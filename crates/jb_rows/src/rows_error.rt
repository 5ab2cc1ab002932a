//! Why records are not read or not written.

ghost use Rattle.std.specs.Prelude.{◌≡◌};
ghost use Rattle.jb_rows.specs.Refusals.{IfTooLong};
ghost use Rattle.jb_rows.specs.declared.rows_error.RowsError.TheVariants.{Memory, Stream};

use std::alloc::{AllocError, AllocFailed};
use std::io;
use thiserror::Error;

/// Why records are not read or not written.
#[derive(Debug, Drop, Error)]
pub enum RowsError {
    /// The record of this number, the first after the header row being 0, is longer than a record may be. The number stops at
    /// 2^64 - 1.
    #[error("record {number} is too long")]
    TooLong { number: u64 },
    /// The header row is longer than a record may be.
    #[error("the header row is too long")]
    LongHeader,
    /// The stream failed.
    #[error("{0}")]
    Stream(io::Error),
    /// There was no memory.
    #[error("out of memory")]
    Memory,
}

impl From<AllocError> for RowsError {
    ghost from_gives = { λ _ error. error ≡ Memory };

    fn from(_: AllocError) -> RowsError {
        RowsError::Memory
    }
}

impl<T: Drop> From<AllocFailed<T>> for RowsError {
    ghost from_gives = { λ _ error. error ≡ Memory };

    fn from(_: AllocFailed<T>) -> RowsError {
        RowsError::Memory
    }
}

impl From<io::Error> for RowsError {
    ghost from_gives = { λ why error. error ≡ Stream why };

    fn from(why: io::Error) -> RowsError {
        RowsError::Stream(why)
    }
}

/// A failure of a writer of `csv`, which is of the stream or of memory: records may differ in their number of fields, and are no text.
pub(crate) fn failure_of(error: csv::Error) -> RowsError
    ensures { IfTooLong result (λ _. ⊥) }
{
    match error.into_kind() {
        csv::ErrorKind::Io(why) => RowsError::Stream(why),
        _ => RowsError::Memory,
    }
}
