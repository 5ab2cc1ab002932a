//! How records are read, and written as CSV.

use crate::header::Header;
use crate::input::Input;

/// How records are read, and written as CSV.
#[derive(Clone, Copy, Debug)]
pub struct RowsOptions {
    /// What a record of the text that is read is.
    pub input: Input,
    /// The byte between two fields of a record of CSV, read or written. What is written is CSV, of whatever text it is the result.
    pub delimiter: u8,
    /// The most bytes that a record may have, as `RowBuilder` packs it: those of its fields, and one more for each field (and
    /// for each 255 bytes of a field).
    pub longest: usize,
    /// Whether the first record is a header row, and what becomes of it.
    pub header: Header,
}

impl RowsOptions {
    /// Records of CSV with commas between fields, of up to 1 MiB, and no header row.
    pub const CSV: RowsOptions = RowsOptions {
        input: Input::Csv,
        delimiter: b',',
        longest: 1_048_576,
        header: Header::None,
    };

    /// Lines, as those of JSON Lines, of up to 1 MiB, and no header row. Results have commas between fields.
    pub const LINES: RowsOptions = RowsOptions {
        input: Input::Lines,
        ..RowsOptions::CSV
    };
}
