//! The number that a field writes, and sums and products of such.

ghost use Rattle.std.specs.Prelude.{◌≡◌};
ghost use Rattle.jb_rows.specs.Numbers.{number_of, product_of, sum_of};

/// The most digits that a number has: those of 2^64 - 1.
const MOST_DIGITS: usize = 20;

/// The number that 1 to 20 decimal digits write, if it is below 2^64. Anything else, as a sign or a space, writes none.
pub fn number_of(digits: &[u8]) -> Option<u64>
    ensures { result ≡ number_of digits.now }
{
    if digits.is_empty() || digits.len() > MOST_DIGITS {
        return None;
    }
    let mut number: u64 = 0;
    for digit in digits {
        if !digit.is_ascii_digit() {
            return None;
        }
        number = number
            .checked_mul(10)?
            .checked_add(u64::from(*digit - b'0'))?;
    }
    Some(number)
}

/// The sum, if it is below 2^64.
pub fn sum_of(a: u64, b: u64) -> Option<u64>
    ensures { result ≡ sum_of a b }
{
    a.checked_add(b)
}

/// The product, if it is below 2^64.
pub fn product_of(a: u64, b: u64) -> Option<u64>
    ensures { result ≡ product_of a b }
{
    a.checked_mul(b)
}
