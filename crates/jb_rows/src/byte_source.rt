//! The bytes of a text, from a stream.

ghost use Rattle.std.specs.Prelude.{◌≡◌, ◌≤◌, ◌<◌, [], true, drop, length, option_map, IfOk, OnOk};
ghost use Rattle.std.specs.Bool.{MatchBool};
ghost use Rattle.std.specs.Io.KnownBytes.{IsAtEnd, Keeps};
ghost use Rattle.csv.specs.Reading.{strip_bom};
ghost use Rattle.jb_rows.specs.Source.{unread};

use crate::window::Window;
use std::io::{Read, Result};

/// The bytes of a text, from a stream, without a byte order mark.
#[derive(Drop)]
pub(crate) struct ByteSource<R> {
    stream: R,
    window: Window,
    is_begun: bool,
}

impl<R: Read> ByteSource<R> {
    /// Those of this stream, of which nothing is read.
    pub(crate) fn new(stream: R) -> ByteSource<R>
        ensures { unread R.remaining result ≡ option_map strip_bom (R.remaining stream) }
    {
        ByteSource {
            stream,
            window: Window::new(),
            is_begun: false,
        }
    }

    /// The stream below.
    pub(crate) fn stream(&self) -> &R
        ensures { result.now ≡ self.now.stream }
    {
        &self.stream
    }

    /// Reads more bytes if none is at hand, and says whether one is. Only at the end of the text is none at hand.
    pub(crate) fn fill(&mut self) -> Result<bool>
        ensures begun { OnOk result (self.new.is_begun ≡ true) }
        ensures keeps { OnOk result (Keeps (unread R.remaining self.old) (unread R.remaining self.new)) }
        ensures some { IfOk result (λ some. MatchBool some (0 < length self.new.window) (IsAtEnd (unread R.remaining self.new))) }
    {
        if self.is_begun && !self.window.is_empty() {
            return Ok(true);
        }
        self.read_more()
    }

    /// The same if none is at hand, or nothing was read. It is a function apart, since it has its own window.
    #[inline(never)]
    fn read_more(&mut self) -> Result<bool>
        ensures begun { OnOk result (self.new.is_begun ≡ true) }
        ensures keeps { OnOk result (Keeps (unread R.remaining self.old) (unread R.remaining self.new)) }
        ensures some { IfOk result (λ some. MatchBool some (0 < length self.new.window) (IsAtEnd (unread R.remaining self.new))) }
    {
        if !self.is_begun {
            self.window = Window::first(&mut self.stream)?;
            self.is_begun = true;
        }
        if self.window.is_empty() {
            self.window.read(&mut self.stream)?;
        }
        Ok(!self.window.is_empty())
    }

    /// The bytes at hand.
    pub(crate) fn bytes(&self) -> &[u8]
        ensures { result.now ≡ self.now.window }
    {
        self.window.bytes()
    }

    /// Takes the first bytes away, so many.
    pub(crate) fn skip(&mut self, count: usize)
        requires { count ≤ length self.old.window }
        ensures { self.new ≡ record self.old { window = drop count self.old.window } }
    {
        self.window.skip(count);
    }
}
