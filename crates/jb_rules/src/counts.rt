//! The metrics of a chunk step.

ghost use Rattle.std.specs.Prelude.{◌≡◌, ◌↔◌, IsTrue};
ghost use Rattle.jb_rules.specs.Counts.{plus_counts, SumsFit, IsDelta, is_delta};
ghost use Rattle.jb_rules.specs.Laws.{DeltasAreTested};

/// The metrics of a partition (Jakarta Batch 2.1, "Metric"). Restarts keep them.
#[derive(Clone, Copy, Debug, PartialEq, Eq)]
pub struct Counts {
    /// READ_COUNT: items that were read.
    pub read: u64,
    /// WRITE_COUNT: results that were written.
    pub write: u64,
    /// COMMIT_COUNT: chunks that were committed.
    pub commit: u64,
    /// ROLLBACK_COUNT: chunks that were rolled back or failed.
    pub rollback: u64,
    /// READ_SKIP_COUNT: faults of a read that were skipped.
    pub read_skip: u64,
    /// PROCESS_SKIP_COUNT: faults of a process call that were skipped.
    pub process_skip: u64,
    /// FILTER_COUNT: items for which the processor gave no result.
    pub filter: u64,
    /// WRITE_SKIP_COUNT: write calls that were skipped.
    pub write_skip: u64,
}

impl Counts {
    /// All counts are 0.
    pub const ZERO: Counts = Counts {
        read: 0,
        write: 0,
        commit: 0,
        rollback: 0,
        read_skip: 0,
        process_skip: 0,
        filter: 0,
        write_skip: 0,
    };

    /// The sums, number by number.
    pub fn plus(&self, other: &Counts) -> Counts
        requires { SumsFit self.now other.now }
        ensures { result ≡ plus_counts self.now other.now }
    {
        let mut sums = *self;
        sums.add(other);
        sums
    }

    /// Adds the other's numbers to these, each to its own.
    pub fn add(&mut self, other: &Counts)
        requires { SumsFit self.old other.now }
        ensures { self.new ≡ plus_counts self.old other.now }
    {
        self.read += other.read;
        self.write += other.write;
        self.commit += other.commit;
        self.rollback += other.rollback;
        self.read_skip += other.read_skip;
        self.process_skip += other.process_skip;
        self.filter += other.filter;
        self.write_skip += other.write_skip;
    }

    /// Whether a committed chunk of so many records may add these counts.
    pub fn is_delta(&self, records: u64) -> bool
        ensures test { result ≡ is_delta records self.now }
        ensures delta { IsTrue result ↔ IsDelta records self.now }
    {
        deltas_are_tested();
        let read = u128::from(self.read);
        let settled = u128::from(self.process_skip) + u128::from(self.filter);
        read + u128::from(self.read_skip) == u128::from(records)
            && self.commit == 1
            && self.rollback == 0
            && ((self.write_skip == 0 && settled + u128::from(self.write) == read)
                || (self.write_skip == 1 && self.write == 0 && settled < read))
    }
}

/// The law of `Counts::is_delta`: its definition as a test agrees with its definition as a fact.
pub fn deltas_are_tested()
    ensures { DeltasAreTested }
{}
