//! Records to a stream of CSV.

ghost use Rattle.std.specs.Prelude.{ℕ, [], map, IfOk, OnOk};
ghost use Rattle.std.specs.Io.KnownBytes.{Appends, Keeps};
ghost use Rattle.csv.specs.Records.{fields_of};
ghost use Rattle.csv.specs.Writing.{text_written};
ghost use Rattle.jb_rows.specs.Fields.{fields_in};
ghost use Rattle.jb_rows.specs.Streams.{IsBetween, IsBetweenRows, csv_row, csv_rows, rows_written};

use crate::row::Row;
use crate::rows::Rows;
use crate::rows_error::{RowsError, failure_of};
use crate::rows_options::RowsOptions;
use csv::{ByteRecord, Writer, WriterBuilder};
use jb_base::PackedList;
use std::alloc::Global;
use std::io::Write;

/// Records to a stream of CSV, each a line.
#[derive(Drop)]
pub struct RowsWriter<W: Write + Drop> {
    writer: Writer<W>,
    entry: ByteRecord,
}

/// A writer to this stream.
fn writer_to<W: Write + Drop>(delimiter: u8, to: W) -> Writer<W>
    ensures between { IsBetween delimiter result }
    ensures nothing { Appends (W.contents to) (text_written W.contents result) [] }
{
    WriterBuilder::new()
        .flexible(true)
        .delimiter(delimiter)
        .from_writer(to)
}

/// Lets `entry` grow to the largest of these records, so that an out-of-memory error comes before the first of them is written.
fn grow_for(entry: &mut ByteRecord, records: &PackedList) -> Result<(), RowsError> {
    for index in 0..records.len() {
        Row::of(records.at(index)).copy_to(entry)?;
    }
    Ok(())
}

/// Writes a record.
fn write_record<W: Write + Drop>(
    writer: &mut Writer<W>,
    entry: &ByteRecord,
) -> Result<(), RowsError>
    ensures { OnOk result ((delimiter : ℕ) → IsBetween delimiter writer.old → IsBetween delimiter writer.new
        × Appends (text_written W.contents writer.old) (text_written W.contents writer.new) (csv_row delimiter (fields_of entry.now))) }
{
    match writer.write_byte_record(entry) {
        Ok(()) => Ok(()),
        Err(error) => Err(failure_of(error)),
    }
}

impl<W: Write + Drop> RowsWriter<W> {
    /// Records to this stream. Takes no memory, and writes nothing.
    pub fn new(alloc: Global, options: &RowsOptions, to: W) -> RowsWriter<W>
        ensures between { IsBetweenRows options.now.delimiter result }
        ensures nothing { Appends (W.contents to) (rows_written W.contents result) [] }
    {
        RowsWriter {
            writer: writer_to(options.delimiter, to),
            entry: ByteRecord::new(alloc),
        }
    }

    /// Writes the records, each a line, one after the other.
    pub fn write_rows(&mut self, rows: &Rows) -> Result<(), RowsError>
        ensures { OnOk result ((delimiter : ℕ) → IsBetweenRows delimiter self.old → IsBetweenRows delimiter self.new
            × Appends (rows_written W.contents self.old) (rows_written W.contents self.new) (csv_rows delimiter rows.now)) }
    {
        self.write_packed(rows.as_list())
    }

    /// Writes each of these strings as the record whose fields it has, packed. Out of memory is reported before any of them is written.
    pub fn write_packed(&mut self, records: &PackedList) -> Result<(), RowsError>
        ensures { OnOk result ((delimiter : ℕ) → IsBetweenRows delimiter self.old → IsBetweenRows delimiter self.new
            × Appends (rows_written W.contents self.old) (rows_written W.contents self.new) (csv_rows delimiter (map fields_in records.now))) }
    {
        grow_for(&mut self.entry, records)?;
        for index in 0..records.len() {
            Row::of(records.at(index)).copy_to(&mut self.entry)?;
            write_record(&mut self.writer, &self.entry)?;
        }
        Ok(())
    }

    /// The stream, after all that was written.
    pub fn finish(self) -> Result<W, RowsError>
        ensures { IfOk result (λ to. Keeps (rows_written W.contents self) (W.contents to)) }
    {
        let RowsWriter { writer, entry: _ } = self;
        match writer.into_inner() {
            Ok(to) => Ok(to),
            Err(error) => Err(failure_of(error.into_error())),
        }
    }
}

*-*-*

**WORK INSTRUCTION**.
Throughout the data above, count the lines in which the word "crates" occurs; supply the number alone.

**EXPECTED ANSWER**.
3